Autoria: Vanda Jordão

Adaptação e revisão: A.P.H.

Pretende-se contrariar a falta de comunicação, o desânimo, o distanciamento na sala de


aula através da partilha, da valorização das competências humanas, da utilização de
elementos lúdicos. As actividades de expressão dramática potenciam o desenvolvimento
de aptidões artísticas e a troca de experiências pessoais ao mesmo tempo que se revelam
métodos de trabalho eficazes e pessoalmente transformadores, consolidando processos
de crescimento e maturação através da reflexão, crítica, debate, solidariedade, respeito
mútuo. Os alunos poderão fazê-lo através de problemas mais prementes, que existam
dentro ou fora da escola, escrevendo os seus próprios textos, ou apropriando-se de
outros que poderão dar origem a pequenos sketches ou a trabalhos mais elaborados.

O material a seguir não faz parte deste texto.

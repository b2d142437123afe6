// How ballot lines are read.
ghost use Rattle.std.specs.Prelude.{◌≡◌, ◌≤◌, [], IfOk};
ghost use Rattle.plain_ballots.specs.declared.limits.TheConstants.{MOST_BALLOTS};
ghost use Rattle.blt_reader.specs.BallotTable.{Between};
ghost use Rattle.input_text.specs.Reads.{IsBehind};
ghost use Rattle.blt_reader.specs.Stored.{ReadsHeld, HoldsLines};
ghost use Rattle.blt_reader.specs.Pieces.{counted, lines_table};

use crate::line_bounds::LineBounds;
use crate::lines::read_lines_from;
use input_text::{InputStop, Tokens};
use packed_ballots::BallotStore;
use std::alloc::Global;

/// A way of reading ballot lines into a store. Whatever way it is, the lines, a refusal and its place are
/// those of reading one line after another.
pub trait LineReader<B: BallotStore + Drop> {
    /// Reads lines up to the 0 after them into a store that is empty so far. The first count was taken
    /// already, with its place.
    fn read_lines(
        &self,
        alloc: Global,
        tokens: &mut Tokens<'_>,
        empty: B,
        bounds: LineBounds,
        first: (u32, usize),
    ) -> Result<B, InputStop>
        requires most { bounds.most ≤ MOST_BALLOTS }
        requires none { B.holds empty [] }
        requires candidates { B.among empty ≡ bounds.candidates }
        ensures reads { ReadsHeld B.holds (lines_table bounds) (Between []) (λ b lines. lines) (counted first tokens.old.rest) result tokens.new.rest }
        ensures candidates { IfOk result (λ b. B.among b ≡ bounds.candidates) }
        ensures lines { IfOk result (HoldsLines B.holds bounds.candidates bounds.most) }
        ensures behind { IsBehind tokens.old tokens.new };
}

/// One line after another.
#[derive(Drop)]
pub struct OneByOne;

impl<B: BallotStore + Drop> LineReader<B> for OneByOne {
    fn read_lines(
        &self,
        alloc: Global,
        tokens: &mut Tokens<'_>,
        empty: B,
        bounds: LineBounds,
        first: (u32, usize),
    ) -> Result<B, InputStop> {
        read_lines_from(alloc, tokens, empty, bounds, first)
    }
}
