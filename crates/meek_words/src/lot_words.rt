ghost use Rattle.std.specs.Prelude.{◌≡◌, ◌<◌, ◌↔◌, [], ◌∷◌, ◌++◌, length, reverse, slice_get, IfErr, IfNone, IfSome, IsNone, OnErr, OnOk};

use crate::PushBack;
use std::alloc::Global;
use std::marker::Model;

/// The numbers of an order of lots, first lot first, as they were typed.
///
/// Each is a number that nine digits can write, and need not be a candidate's.
#[derive(Debug, Drop)]
pub struct LotWords {
    list: Vec<u32>,
}

impl Model for LotWords {
    ghost use Rattle.std.specs.Prelude.{ℕ, List};

    ghost Value = { List ℕ };

    ghost view = { λ lots. lots.list.items };
}

impl LotWords {
    /// No numbers. The allocator serves each later `push`.
    pub fn new(alloc: Global) -> LotWords
        ensures { result ≡ [] }
    {
        LotWords {
            list: Vec::new(alloc),
        }
    }

    /// Puts a number after the others.
    pub fn push(&mut self, item: u32) -> Result<(), PushBack<u32>>
        ensures ok { OnOk result (self.new ≡ self.old ++ item ∷ []) }
        ensures refused { OnErr result (self.new ≡ self.old) }
        ensures handed_back { IfErr result (λ back. back.item ≡ item) }
    {
        match self.list.push(item) {
            Ok(()) => Ok(()),
            Err(failed) => Err(PushBack { item: failed.value }),
        }
    }

    /// Takes the last number out.
    pub fn pop(&mut self) -> Option<u32>
        ensures last { IfSome result (λ item. self.old ≡ self.new ++ item ∷ []) }
        ensures empty { IsNone result ↔ (self.old ≡ []) }
        ensures kept { IfNone result (self.new ≡ self.old) }
    {
        self.list.pop()
    }

    /// Turns the order round.
    pub fn reverse(&mut self)
        ensures { self.new ≡ reverse self.old }
    {
        self.list.reverse();
    }

    pub fn len(&self) -> usize
        ensures { result ≡ length self.now }
    {
        self.list.len()
    }

    pub fn items(&self) -> &[u32]
        ensures { result.now ≡ self.now }
    {
        self.list.as_slice()
    }

    pub fn get(&self, i: usize) -> &u32
        requires { i < length self.now }
        ensures { slice_get self.now i ≡ Some result.now }
    {
        &self.list[i]
    }
}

O
recurso a jogos dramáticos, à expressão corporal, a exercícios de desinibição, ao
improviso, ao trabalho de voz, à concentração, são também aspectos importantes que
devem ser introduzidos neste tipo de trabalhos que compete ao professor gerir e
dinamizar.

É também uma actividade catalisadora de experiências multidisciplinares, para onde


poderão convergir os contributos de várias disciplinas: Educação Física (o controlo do
corpo, dos movimentos é fundamental), Educação Visual ou Desenho (na construção de
cenários, por exemplo), Português e História, ou ainda Educação Musical e Têxteis,
quando exista.

Para este exemplo específico que aqui se propõe, professor e aluno são (re)criadores, os
últimos igualmente actores e, simultaneamente, encenadores, transformando um texto
narrativo em dramático, inserindo-o no contexto das crises e da revolução do século
XIV em Portugal. Em simultâneo trabalhar-se-ão conceitos de “independência
nacional”, “identidade”, “revolução”.

A turma teria de dividir-se numa primeira fase em grupos de trabalho: o dos actores, os
encenadores, os responsáveis pelo guarda-roupa, os cenógrafos. Previamente o texto
original deveria ser trabalhado, reformulado, reescrito na tentativa de o simplificar ou
adaptar.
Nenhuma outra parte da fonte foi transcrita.